AIM OF THE EXERCISE: All of the entries below must be copied out exactly.

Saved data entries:
Start of Block
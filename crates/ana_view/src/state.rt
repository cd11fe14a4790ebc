//! ANA states as a log page has them.
ghost use Rattle.std.specs.Prelude.{◌≡◌};
ghost use Rattle.ana_view.specs.Group.{state_code};

use nvt_config::AnaState;

/// The code of a state (Base 2.0, section 5.16.1.13).
pub(crate) fn state_code(state: AnaState) -> u8
    ensures { result ≡ state_code state }
{
    match state {
        AnaState::Optimized => 0x1,
        AnaState::NonOptimized => 0x2,
        AnaState::Inaccessible => 0x3,
        AnaState::PersistentLoss => 0x4,
        AnaState::Change => 0xF,
    }
}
End of Block
SOLUTION:
filename crates/ana_view/src/state.rt
repository cd11fe14a4790ebc
//! ANA states as a log page has them.
ghost use Rattle.std.specs.Prelude.{◌≡◌};
ghost use Rattle.ana_view.specs.Group.{state_code};

use nvt_config::AnaState;

/// The code of a state (Base 2.0, section 5.16.1.13).
pub(crate) fn state_code(state: AnaState) -> u8
    ensures { result ≡ state_code state }
{
    match state {
        AnaState::Optimized => 0x1,
        AnaState::NonOptimized => 0x2,
        AnaState::Inaccessible => 0x3,
        AnaState::PersistentLoss => 0x4,
        AnaState::Change => 0xF,
    }
}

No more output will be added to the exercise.